## WORK ORDER
Within the records that follow, count the lines containing the string "print". Reply only with the count.

## DATA FOR REVIEW

'''

//! The line of a finding.
ghost use Rattle.std.specs.Prelude.{◌≡◌, ◌∷◌, ◌++◌, [], IfOk, OnOk, codes};
ghost use Rattle.json.specs.Json.{string};
ghost use Rattle.json.specs.Print.{print};
ghost use Rattle.json.specs.Tree.{json_tokens};
ghost use Rattle.can_json_texts.specs.Members.{text_members};
ghost use Rattle.can_json_texts.specs.Records.{whole_json};
ghost use Rattle.can_json_texts.specs.Values.{array_of, tokens_of};
ghost use Rattle.std.specs.Prelude.{map};
ghost use Rattle.std.specs.List.{flat_map};
ghost use Rattle.can_diagnostics.specs.Codes.{code_word};
ghost use Rattle.can_json_findings.specs.Findings.{severity, code_members, range_json, at_members, end_members, diagnostic_members};
ghost use Rattle.can_json_findings.specs.Findings.{diagnostic_json, subject_members, finding_line};

use crate::ranges::ranges_of;
use crate::subject::write_subject;
use can_diagnostics::{Code, Diagnostic};
use can_findings::{Finding, remedy};
use can_json_texts::{JsonText, write_string, write_text, write_whole};
use dbc_ranges::Range;
use dbc_values::Memory;
use std::alloc::Global;

fn severity(code: Code) -> &'static str
    ensures { result.now ≡ severity code }
{
    match code {
        Code::Float | Code::Long => "information",
        _ => "warning",
    }
}

#[tactic(auto, using(can_json_texts::proofs::Tokens::members_then))]
fn write_word_and_severity(text: &mut JsonText, code: Code) -> Result<(), Memory>
    ensures { OnOk result (text.new ≡ text.old ++ tokens_of (text_members (codes "word") (code_word code)
        ++ ((codes "severity", string (severity code)) ∷ []))) }
{
    write_text(text, "word", code.word())?;
    write_string(text, "severity", severity(code))
}

#[tactic(auto, using(can_json_texts::proofs::Tokens::members_then))]
fn write_code(text: &mut JsonText, code: Code) -> Result<(), Memory>
    ensures { OnOk result (text.new ≡ text.old ++ tokens_of (code_members code)) }
{
    write_whole(text, "code", u64::from(code.number()))?;
    write_word_and_severity(text, code)
}

#[tactic(auto, using(can_json_texts::proofs::Tokens::members_then))]
fn write_from_and_to(text: &mut JsonText, range: Range) -> Result<(), Memory>
    ensures { OnOk result (text.new ≡ text.old ++ tokens_of ((codes "from", whole_json range.from)
        ∷ (codes "to", whole_json range.to) ∷ [])) }
{
    write_whole(text, "from", range.from as u64)?;
    write_whole(text, "to", range.to as u64)
}

#[tactic(auto, using(can_json_texts::proofs::Tokens::members_then))]
fn write_range_members(text: &mut JsonText, range: Range) -> Result<(), Memory>
    ensures { OnOk result (text.new ≡ text.old ++ tokens_of ((codes "line", whole_json range.line)
        ∷ (codes "from", whole_json range.from) ∷ (codes "to", whole_json range.to) ∷ [])) }
{
    write_whole(text, "line", range.line)?;
    write_from_and_to(text, range)
}

#[tactic(auto, using(can_json_texts::proofs::Tokens::object_written))]
fn write_range(text: &mut JsonText, range: Range) -> Result<(), Memory>
    ensures { OnOk result (text.new ≡ text.old ++ json_tokens (range_json range)) }
{
    text.begin_object()?;
    write_range_members(text, range)?;
    text.end_object()?;
    Ok(())
}

// Ranges one after another.
fn write_each(text: &mut JsonText, ranges: &[Range]) -> Result<(), Memory>
    ensures { OnOk result (text.new ≡ text.old ++ flat_map (λ range. json_tokens (range_json range)) ranges.now) }
{
    for range in ranges {
        write_range(text, *range)?;
    }
    Ok(())
}

#[tactic(auto, using(can_json_texts::proofs::Tokens::array_written))]
fn write_ranges(text: &mut JsonText, ranges: &[Range]) -> Result<(), Memory>
    ensures { OnOk result (text.new ≡ text.old ++ json_tokens (array_of (map range_json ranges.now))) }
{
    text.begin_array()?;
    write_each(text, ranges)?;
    text.end_array()?;
    Ok(())
}

/// Writes the member `at` of an object: the ranges of its parts in a text.
#[tactic(auto, using(can_json_texts::proofs::Tokens::member_written))]
pub(crate) fn write_at(text: &mut JsonText, ranges: &[Range]) -> Result<(), Memory>
    ensures { OnOk result (text.new ≡ text.old ++ tokens_of (at_members ranges.now)) }
{
    text.key("at")?;
    write_ranges(text, ranges)
}

#[tactic(auto, using(can_json_texts::proofs::Tokens::members_then))]
fn write_end(text: &mut JsonText, code: Code, ranges: &[Range]) -> Result<(), Memory>
    ensures { OnOk result (text.new ≡ text.old ++ tokens_of (end_members code ranges.now)) }
{
    write_text(text, "remedy", remedy(code))?;
    write_at(text, ranges)
}

#[tactic(auto, using(can_json_texts::proofs::Tokens::members_then))]
fn write_subject_and_end(
    text: &mut JsonText,
    diagnostic: &Diagnostic,
    ranges: &[Range],
) -> Result<(), Memory>
    ensures { OnOk result (text.new ≡ text.old ++ tokens_of (subject_members diagnostic.now.subject
        ++ end_members diagnostic.now.code ranges.now)) }
{
    write_subject(text, &diagnostic.subject)?;
    write_end(text, diagnostic.code, ranges)
}

#[tactic(auto, using(can_json_texts::proofs::Tokens::members_then))]
fn write_members(
    text: &mut JsonText,
    diagnostic: &Diagnostic,
    ranges: &[Range],
) -> Result<(), Memory>
    ensures { OnOk result (text.new ≡ text.old ++ tokens_of (diagnostic_members diagnostic.now ranges.now)) }
{
    write_code(text, diagnostic.code)?;
    write_subject_and_end(text, diagnostic, ranges)
}

#[tactic(auto, using(can_json_texts::proofs::Tokens::object_written))]
fn write_object(
    text: &mut JsonText,
    diagnostic: &Diagnostic,
    ranges: &[Range],
) -> Result<(), Memory>
    ensures { OnOk result (text.new ≡ text.old ++ json_tokens (diagnostic_json diagnostic.now ranges.now)) }
{
    text.begin_object()?;
    write_members(text, diagnostic, ranges)?;
    text.end_object()?;
    Ok(())
}

/// The text of an object as a line: with an LF.
pub(crate) fn line_of(text: JsonText) -> Result<Vec<u8>, Memory>
    ensures { IfOk result (λ line. line.items ≡ print text ++ codes "\n") }
{
    let mut line = text.into_bytes();
    line.push(b'\n')?;
    Ok(line)
}

/// The line of a finding in the text of a database: an object and an LF.
pub fn finding_line(alloc: Global, text: &[u8], finding: &Finding) -> Result<Vec<u8>, Memory>
    ensures { IfOk result (λ line. line.items ≡ finding_line text.now finding.now) }
{
    let ranges = ranges_of(alloc, text, finding)?;
    let mut object = JsonText::new(alloc);
    write_object(&mut object, &finding.diagnostic, ranges.as_slice())?;
    line_of(object)
}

'''

## SOLUTION
2